O prefeito Willian Lobo disse que a prefeitura já vinha sofrendo com o compromisso do Governo Estadual em repassar R$ 200 mil para o Hospital e que depois foi alterado para R$ 100 mil além do ICMS e IPVA que não está sendo repassado. "Foi bom que graças a intermediação do Dr. Rodrigo, dos vereadores e do Eliermes nosso secretário nós conseguimos chegar a um entendimento. Nós já estamos fazendo o possível, eu já estou cortando gastos como fiz com o Carnaval, fui muito apedrejado e mesmo assim o Município vem sofrendo por não ter dinheiro. Se Deus quiser nós vamos solucionar essa pendência e Cataguases vira referência, pois um Município do tamanho de Muriaé repassa R$ 370 mil e nós estamos fechando em R$ 340 mil. Deixo bem claro que desde o meu primeiro mandato não teve um mês que eu fiquei devendo ao Hospital e agora mais uma vez um esforço em dar um aumento de 13% ao Hospital de Cataguases para que ele não chegue a fechar o Pronto Atendimento".

O secretário de Saúde, Eliermes Teixeira, disse que ele viveu uma situação constrangedora, pois foi passado para a população como se o Município estivesse omisso, mas que na realidade o Município em momento algum deixou de preocupar com a situação do Hospital, explicou.  "A gente sabe das dificuldades financeiras que o Hospital está passando, mas também em contrapartida o Município também está passando por dificuldades financeiras. Hoje quando a gente fala de Pronto Socorro, de incentivo, esses valores que estão sendo negociados são oriundos de recurso próprio do Município e esses recursos veem dos impostos que nós pagamos e das retenções como ICMS e IPVA que estão sendo hoje alvo de apropriação indébita do Estado e não estão chegando. O prefeito já falou que só de IPVA já tem R$ 2 milhões retidos e esse dinheiro deveria estar nos cofres da prefeitura. A gente quando fala em aumentar para R$ 320 mil e agora R$340 mil, isso em detrimento de cortes que teremos que fazer. O que o povo tem que entender é que a administração pública trabalha dentro de planejamento e esse planejamento foi feito, bem como uma dotação orçamentária para toda estrutura da saúde e dentro dessa estrutura da saúde foi previsto um valor de 300 até 320 mil que é justamente o índice que a gente tem de reajuste e quando você vem e fala que o Hospital quer R$ 100 mil a gente fugiria da nossa responsabilidade fiscal e a gente sabe que se fizéssemos uma coisa sem pensar, sem sentar e ter um planejamento a gente poderia ser imputado na Lei de Responsabilidade Fiscal e ser responsabilizado por improbidade administrativa", disse.

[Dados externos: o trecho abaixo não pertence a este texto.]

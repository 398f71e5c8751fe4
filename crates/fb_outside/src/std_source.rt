ghost use Rattle.std.specs.Prelude.{◌≡◌, ◌<◌, ◌≤◌, None, [], IfOk, IsErr, OnErr, length, take};
ghost use Rattle.std.specs.Io.KnownBytes.{ReadConsumes};
ghost use Rattle.fb_outside.specs.Causes.{HasCause};
ghost use Rattle.fb_outside.specs.Streams.{Takes, IsAtEnd};

use crate::faults::Faults;
use crate::outside::{Failed, Source};
use std::io::Read;
use std::marker::Model;

/// A source over a reader of the runtime, as standard input: pass `rt.reader()`.
/// Contracts see it as the reader and the count of faults. As a source it tells nothing of its bytes, since
/// the system's reader doesn't.
#[derive(Drop)]
pub struct StdSource<R: Read> {
    reader: R,
    faults: Faults,
}

impl<R: Read> Model for StdSource<R> {
    ghost use Rattle.std.specs.Prelude.{ℕ};
    ghost use Rattle.std.specs.Coded.{coded×, coded_ℕ};

    ghost Value = { R × ℕ };

    ghost coded = { coded× R.code coded_ℕ };

    ghost view = { λ s. (s.reader, s.faults) };
}

impl<R: Read> StdSource<R> {
    pub fn make(reader: R) -> StdSource<R>
        ensures { result ≡ (reader, 0) }
    {
        StdSource {
            reader,
            faults: Faults::none(),
        }
    }
}

impl<R: Read> Source for StdSource<R> {
    ghost faults = { λ s. s.1 };

    ghost left = { λ _. None };

    fn take(&mut self, buf: &mut [u8]) -> Result<usize, Failed>
        ensures cause { HasCause self.old.1 self.new.1 (IsErr result) }
        ensures count { IfOk result (λ n. n ≤ length buf.new) }
        ensures taken { IfOk result (λ n. Takes None None (take n buf.new)) }
        ensures end { IfOk result (λ n. n ≡ 0 → 0 < length buf.new → IsAtEnd None) }
        ensures failed { OnErr result (Takes None None []) }

        // Where the reader tells its bytes, they are these.
        ensures bytes { ReadConsumes (R.remaining self.old.0) (R.remaining self.new.0) result buf.new }
    {
        match self.reader.read(buf) {
            Ok(n) => Ok(n),
            Err(_) => {
                self.faults.raise();
                Err(Failed)
            }
        }
    }
}
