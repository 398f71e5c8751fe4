ghost use Rattle.std.specs.Prelude.{◌≡◌, ◌≤◌, IfOk, IsSome, map};
ghost use Rattle.fb_outside.specs.Causes.{Rose};

use crate::fail_at::{FailAt, fault_in, plain_fails};
use std::alloc::{AllocError, Global};
use std::marker::Model;

/// Which calls of an object in memory fail, and how many calls and faults there were.
#[derive(Debug, Drop)]
pub(crate) struct Schedule {
    fails: Vec<FailAt>,
    calls: u64,
    faults: u64,
}

impl Model for Schedule {
    ghost use Rattle.fb_outside.specs.Memory.{Counted};

    ghost Value = { Counted };

    ghost view = { λ s. record { fails = s.fails.items; calls = s.calls; faults = s.faults } };
}

impl Schedule {
    ghost use Rattle.fb_outside.specs.Memory.{uncalled, called, next_fault, plain_fail};

    pub(crate) fn make(alloc: Global, fails: &[FailAt]) -> Result<Schedule, AllocError>
        ensures { IfOk result (λ s. s ≡ uncalled fails.now) }
    {
        let fails = Vec::from_slice(alloc, fails)?;
        Ok(Schedule {
            fails,
            calls: 0,
            faults: 0,
        })
    }

    /// Of plain failures at these calls.
    pub(crate) fn at_calls(alloc: Global, calls: &[u64]) -> Result<Schedule, AllocError>
        ensures { IfOk result (λ s. s ≡ uncalled (map plain_fail calls.now)) }
    {
        let fails = plain_fails(alloc, calls)?;
        Ok(Schedule {
            fails,
            calls: 0,
            faults: 0,
        })
    }

    /// Whether the call that comes next fails, and then whether it leaves the new bytes.
    pub(crate) fn next(&self) -> Option<bool>
        ensures { result ≡ next_fault self.now }
    {
        fault_in(self.fails.as_slice(), self.calls)
    }

    /// Counts one more call. Answers whether it fails, and then whether it leaves the new bytes.
    pub(crate) fn count(&mut self) -> Option<bool>
        ensures fault { result ≡ next_fault self.old }
        ensures after { self.new ≡ called self.old }
        ensures later { self.old.faults ≤ self.new.faults }
        ensures rose { IsSome result → Rose self.old.faults self.new.faults }
        ensures told { (IsSome result → ⊥) → self.new.faults ≡ self.old.faults }
    {
        let fault = self.next();
        self.calls = self.calls.saturating_add(1);
        if fault.is_some() {
            self.faults = self.faults.saturating_add(1);
        }
        fault
    }
}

Conforme o Promotor Dr. Rodrigo Barros, o pedido de uma planilha mais analítica por parte do Hospital se deve pelo fato de que existem diversos itens colocados como despesas na planilha que precisam ser avaliados em relação a sua vinculação direta ou indireta com o custeio do Pronto Socorro que é o que está sendo discutido. "Nosso questionamento é que somente poderia integrar aquela planilha itens que efetivamente fossem vinculados ao Pronto Socorro. Esse estudo técnico que se pretende fazer para avaliar inclusive com detalhamento desses itens, quais são esses custos, quem são as pessoas, quais são as funções para gente poder dar um parecer sobre a concordância ou não com essa relação de despesas do Hospital", comentou. Em relação aos municípios vizinhos em ajudar o Hospital de Cataguases, o promotor disse que todos os municípios tem a obrigação de fornecer o atendimento de urgência e emergência e hoje é sabido que muitos usam o Hospital de Cataguases e não tem esse atendimento em seu município e que por isso seria justo eles também oferecerem uma contrapartida. A expectativa do promotor é que o acordo seja fechado até meados da semana que vem.